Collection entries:
*** Block opens ***
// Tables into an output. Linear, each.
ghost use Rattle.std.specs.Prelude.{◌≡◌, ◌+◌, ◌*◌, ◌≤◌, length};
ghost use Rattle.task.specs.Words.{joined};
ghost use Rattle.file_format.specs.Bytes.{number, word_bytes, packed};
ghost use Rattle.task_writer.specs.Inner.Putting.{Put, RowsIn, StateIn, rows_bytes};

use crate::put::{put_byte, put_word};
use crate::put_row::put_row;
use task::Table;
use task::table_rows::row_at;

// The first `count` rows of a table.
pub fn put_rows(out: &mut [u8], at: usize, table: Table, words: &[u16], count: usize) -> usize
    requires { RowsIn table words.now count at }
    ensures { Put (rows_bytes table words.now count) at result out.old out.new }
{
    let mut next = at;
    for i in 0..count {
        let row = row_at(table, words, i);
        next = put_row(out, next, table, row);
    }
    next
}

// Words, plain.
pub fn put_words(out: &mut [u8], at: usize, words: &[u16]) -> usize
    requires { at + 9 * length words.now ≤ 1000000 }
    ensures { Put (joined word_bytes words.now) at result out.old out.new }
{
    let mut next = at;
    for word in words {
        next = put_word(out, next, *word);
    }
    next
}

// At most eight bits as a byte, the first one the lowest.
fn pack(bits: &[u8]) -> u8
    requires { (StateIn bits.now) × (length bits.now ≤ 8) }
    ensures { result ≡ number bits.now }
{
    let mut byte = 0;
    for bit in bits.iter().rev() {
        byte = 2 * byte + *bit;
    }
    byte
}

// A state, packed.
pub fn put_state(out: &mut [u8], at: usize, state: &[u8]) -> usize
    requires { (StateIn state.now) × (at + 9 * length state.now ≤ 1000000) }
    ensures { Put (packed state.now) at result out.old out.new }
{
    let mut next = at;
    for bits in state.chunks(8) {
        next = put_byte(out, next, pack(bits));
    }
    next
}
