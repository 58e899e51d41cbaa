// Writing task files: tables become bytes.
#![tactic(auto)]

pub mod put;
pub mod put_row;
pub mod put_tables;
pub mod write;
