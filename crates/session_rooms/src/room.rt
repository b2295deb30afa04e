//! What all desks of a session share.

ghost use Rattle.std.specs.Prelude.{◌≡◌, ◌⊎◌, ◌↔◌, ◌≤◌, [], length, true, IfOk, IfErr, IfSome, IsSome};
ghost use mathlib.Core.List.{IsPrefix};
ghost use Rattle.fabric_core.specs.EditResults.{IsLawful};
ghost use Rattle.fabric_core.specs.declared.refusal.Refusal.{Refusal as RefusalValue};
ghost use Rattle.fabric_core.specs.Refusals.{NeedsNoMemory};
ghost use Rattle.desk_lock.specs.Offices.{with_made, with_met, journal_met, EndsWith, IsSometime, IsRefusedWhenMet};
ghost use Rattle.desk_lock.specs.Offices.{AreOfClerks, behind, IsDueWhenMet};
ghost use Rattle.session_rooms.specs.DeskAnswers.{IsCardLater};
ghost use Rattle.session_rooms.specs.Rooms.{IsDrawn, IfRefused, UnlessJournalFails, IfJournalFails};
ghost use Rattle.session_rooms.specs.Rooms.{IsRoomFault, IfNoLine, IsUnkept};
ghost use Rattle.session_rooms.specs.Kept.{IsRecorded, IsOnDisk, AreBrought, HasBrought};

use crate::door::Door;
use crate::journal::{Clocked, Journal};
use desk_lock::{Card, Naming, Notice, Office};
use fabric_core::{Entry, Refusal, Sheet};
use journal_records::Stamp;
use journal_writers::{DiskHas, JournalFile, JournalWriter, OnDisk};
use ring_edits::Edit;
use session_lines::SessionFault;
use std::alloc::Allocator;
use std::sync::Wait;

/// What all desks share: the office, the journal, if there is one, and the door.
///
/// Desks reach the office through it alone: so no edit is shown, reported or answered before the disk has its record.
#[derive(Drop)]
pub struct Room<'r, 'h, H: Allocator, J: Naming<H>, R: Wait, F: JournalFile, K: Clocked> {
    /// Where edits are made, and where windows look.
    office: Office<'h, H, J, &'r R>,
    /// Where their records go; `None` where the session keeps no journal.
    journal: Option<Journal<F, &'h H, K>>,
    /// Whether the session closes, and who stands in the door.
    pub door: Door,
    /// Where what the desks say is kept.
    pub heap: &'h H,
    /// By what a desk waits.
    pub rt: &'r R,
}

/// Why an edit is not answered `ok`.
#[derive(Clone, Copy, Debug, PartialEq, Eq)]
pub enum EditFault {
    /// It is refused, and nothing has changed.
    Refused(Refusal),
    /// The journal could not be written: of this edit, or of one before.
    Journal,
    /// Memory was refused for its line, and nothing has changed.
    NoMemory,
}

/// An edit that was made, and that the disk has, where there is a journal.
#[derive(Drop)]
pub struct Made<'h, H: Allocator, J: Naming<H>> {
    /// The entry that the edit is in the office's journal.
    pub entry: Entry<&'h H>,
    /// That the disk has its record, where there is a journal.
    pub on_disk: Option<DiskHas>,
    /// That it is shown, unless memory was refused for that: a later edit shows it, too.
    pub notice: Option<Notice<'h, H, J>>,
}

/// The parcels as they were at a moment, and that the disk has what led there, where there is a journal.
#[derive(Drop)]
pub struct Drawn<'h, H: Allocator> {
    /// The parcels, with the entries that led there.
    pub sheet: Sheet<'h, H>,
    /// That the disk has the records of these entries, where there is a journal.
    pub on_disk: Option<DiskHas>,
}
*** Block closes ***
Assignment: Working through the records above, copy each one exactly.

Solution to the problem:
// Tables into an output. Linear, each.
ghost use Rattle.std.specs.Prelude.{◌≡◌, ◌+◌, ◌*◌, ◌≤◌, length};
ghost use Rattle.task.specs.Words.{joined};
ghost use Rattle.file_format.specs.Bytes.{number, word_bytes, packed};
ghost use Rattle.task_writer.specs.Inner.Putting.{Put, RowsIn, StateIn, rows_bytes};

use crate::put::{put_byte, put_word};
use crate::put_row::put_row;
use task::Table;
use task::table_rows::row_at;

// The first `count` rows of a table.
pub fn put_rows(out: &mut [u8], at: usize, table: Table, words: &[u16], count: usize) -> usize
    requires { RowsIn table words.now count at }
    ensures { Put (rows_bytes table words.now count) at result out.old out.new }
{
    let mut next = at;
    for i in 0..count {
        let row = row_at(table, words, i);
        next = put_row(out, next, table, row);
    }
    next
}

// Words, plain.
pub fn put_words(out: &mut [u8], at: usize, words: &[u16]) -> usize
    requires { at + 9 * length words.now ≤ 1000000 }
    ensures { Put (joined word_bytes words.now) at result out.old out.new }
{
    let mut next = at;
    for word in words {
        next = put_word(out, next, *word);
    }
    next
}

// At most eight bits as a byte, the first one the lowest.
fn pack(bits: &[u8]) -> u8
    requires { (StateIn bits.now) × (length bits.now ≤ 8) }
    ensures { result ≡ number bits.now }
{
    let mut byte = 0;
    for bit in bits.iter().rev() {
        byte = 2 * byte + *bit;
    }
    byte
}

// A state, packed.
pub fn put_state(out: &mut [u8], at: usize, state: &[u8]) -> usize
    requires { (StateIn state.now) × (at + 9 * length state.now ≤ 1000000) }
    ensures { Put (packed state.now) at result out.old out.new }
{
    let mut next = at;
    for bits in state.chunks(8) {
        next = put_byte(out, next, pack(bits));
    }
    next
}
repository 58e899e51d41cbaa
// Writing task files: tables become bytes.
#![tactic(auto)]

pub mod put;
pub mod put_row;
pub mod put_tables;
pub mod write;
filename crates/session_rooms/src/room.rt
repository b2295deb30afa04e
//! What all desks of a session share.

ghost use Rattle.std.specs.Prelude.{◌≡◌, ◌⊎◌, ◌↔◌, ◌≤◌, [], length, true, IfOk, IfErr, IfSome, IsSome};
ghost use mathlib.Core.List.{IsPrefix};
ghost use Rattle.fabric_core.specs.EditResults.{IsLawful};
ghost use Rattle.fabric_core.specs.declared.refusal.Refusal.{Refusal as RefusalValue};
ghost use Rattle.fabric_core.specs.Refusals.{NeedsNoMemory};
ghost use Rattle.desk_lock.specs.Offices.{with_made, with_met, journal_met, EndsWith, IsSometime, IsRefusedWhenMet};
ghost use Rattle.desk_lock.specs.Offices.{AreOfClerks, behind, IsDueWhenMet};
ghost use Rattle.session_rooms.specs.DeskAnswers.{IsCardLater};
ghost use Rattle.session_rooms.specs.Rooms.{IsDrawn, IfRefused, UnlessJournalFails, IfJournalFails};
ghost use Rattle.session_rooms.specs.Rooms.{IsRoomFault, IfNoLine, IsUnkept};
ghost use Rattle.session_rooms.specs.Kept.{IsRecorded, IsOnDisk, AreBrought, HasBrought};

use crate::door::Door;
use crate::journal::{Clocked, Journal};
use desk_lock::{Card, Naming, Notice, Office};
use fabric_core::{Entry, Refusal, Sheet};
use journal_records::Stamp;
use journal_writers::{DiskHas, JournalFile, JournalWriter, OnDisk};
use ring_edits::Edit;
use session_lines::SessionFault;
use std::alloc::Allocator;
use std::sync::Wait;

/// What all desks share: the office, the journal, if there is one, and the door.
///
/// Desks reach the office through it alone: so no edit is shown, reported or answered before the disk has its record.
#[derive(Drop)]
pub struct Room<'r, 'h, H: Allocator, J: Naming<H>, R: Wait, F: JournalFile, K: Clocked> {
    /// Where edits are made, and where windows look.
    office: Office<'h, H, J, &'r R>,
    /// Where their records go; `None` where the session keeps no journal.
    journal: Option<Journal<F, &'h H, K>>,
    /// Whether the session closes, and who stands in the door.
    pub door: Door,
    /// Where what the desks say is kept.
    pub heap: &'h H,
    /// By what a desk waits.
    pub rt: &'r R,
}

/// Why an edit is not answered `ok`.
#[derive(Clone, Copy, Debug, PartialEq, Eq)]
pub enum EditFault {
    /// It is refused, and nothing has changed.
    Refused(Refusal),
    /// The journal could not be written: of this edit, or of one before.
    Journal,
    /// Memory was refused for its line, and nothing has changed.
    NoMemory,
}

/// An edit that was made, and that the disk has, where there is a journal.
#[derive(Drop)]
pub struct Made<'h, H: Allocator, J: Naming<H>> {
    /// The entry that the edit is in the office's journal.
    pub entry: Entry<&'h H>,
    /// That the disk has its record, where there is a journal.
    pub on_disk: Option<DiskHas>,
    /// That it is shown, unless memory was refused for that: a later edit shows it, too.
    pub notice: Option<Notice<'h, H, J>>,
}

/// The parcels as they were at a moment, and that the disk has what led there, where there is a journal.
#[derive(Drop)]
pub struct Drawn<'h, H: Allocator> {
    /// The parcels, with the entries that led there.
    pub sheet: Sheet<'h, H>,
    /// That the disk has the records of these entries, where there is a journal.
    pub on_disk: Option<DiskHas>,
}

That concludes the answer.